After analyzing the discourses of programmers on beautiful code, after highlighting the specific cognitive complexities inherent to software and how they are dealt with, and after having investigated how aesthetics enable various forms of understanding in adjacent fields, we now lay out a framework for the aesthetics of source code.
To do this, this chapter begins with the medium of source code: programming languages. Understanding what they are and how they are used will allow us to highlight two important aspects. First, that the tension between human-meaning and machine-meaning is located in the different interpretations of the same syntax. Second, it will allow us to highlight another contextual aspect of source code aesthetics—just like natural languages, machine languages also act as linguistic communities of practice.
Once we laid this material groundwork, we propose two approaches to the aesthetic manifestations in program texts. First, we build on a close-reading approach to suggest a framework composed of various scales. Focusing on the spatiality of program texts, we will show how programming languages act as an interface between a program text and a mental model. A first aesthetic function of source is thus shown to be the enabling (or denying) of spatial navigation in a program text.

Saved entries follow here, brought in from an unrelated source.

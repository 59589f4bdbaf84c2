// Laws of macro arguments: the functions have no bodies, their contracts are the laws.
ghost use Rattle.macro_call.specs.ArgumentLaws.{CallsEndAtOnce, ArgumentsAreShortest, DelimitedListsAreBalanced, OneGroupLosesBraces, MatchesRestart};
ghost use Rattle.macro_call.specs.PlainScans.{ChecksShowAtPars, ScansGather};
ghost use Rattle.macro_call.specs.Rows.{WorkedCalls, WorkedGrowths};
ghost use Rattle.macro_call.specs.Scans.{ScannersHaveLists};

/// What ends a call is decided by the fewest tokens.
pub fn calls_end_at_once()
    ensures { CallsEndAtOnce }
{}

/// Before a delimiter a `\long` macro takes the shortest balanced list.
pub fn arguments_are_shortest()
    ensures { ArgumentsAreShortest }
{}

/// A list is delimited exactly where it is a balanced list and then the delimiter.
pub fn delimited_lists_are_balanced()
    ensures { DelimitedListsAreBalanced }
{}

/// A list that is exactly one group loses its braces, and no other list does.
pub fn one_group_loses_braces()
    ensures { OneGroupLosesBraces }
{}

/// The partial match is the longest that may go on, so a match that fails begins again at the next token.
pub fn matches_restart()
    ensures { MatchesRestart }
{}

/// Worked rows: what some calls come to.
pub fn worked_calls()
    ensures { WorkedCalls }
{}

/// Worked rows: what goes into the list in work by some tokens.
pub fn worked_growths()
    ensures { WorkedGrowths }
{}

/// Scanners as plain data answer what the definition asks for, from the first token on and behind checks.
pub fn scans_gather()
    ensures { ScansGather }
{}

/// A check shows only at a `\par`: what the call has so far stays, and any other token comes to the same behind it.
pub fn checks_show_at_pars()
    ensures { ChecksShowAtPars }
{}

/// A scanner that goes on has the arguments and the list in work that the definition answers so far.
pub fn scanners_have_lists()
    ensures { ScannersHaveLists }
{}
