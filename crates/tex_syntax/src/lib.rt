//! The words that the plain machine and the engine share: how a token is read, what is reported, how a run ends. Each is
//! declared here once; the definitions cite these types, and the engine's values are of them.
#![tactic(auto)]

mod words;

pub use words::{Manner, Outcome, Report, Scanned, UnitTaken, Want};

We then develop on how syntax and vocabulary make use of metaphors to enable the representation of positive values such as abstraction, openness and function. Recalling our discussions on elegance, we show how each of these values rely on the aesthetic function of compression.
We conclude the chapter with a discussion on the relationship between aesthetics and function. We examine such a relationship through a dual perspective: a functional source code is required for aesthetic judgment to take place, and that aesthetic properties experienced as such hold the function of enabling understanding.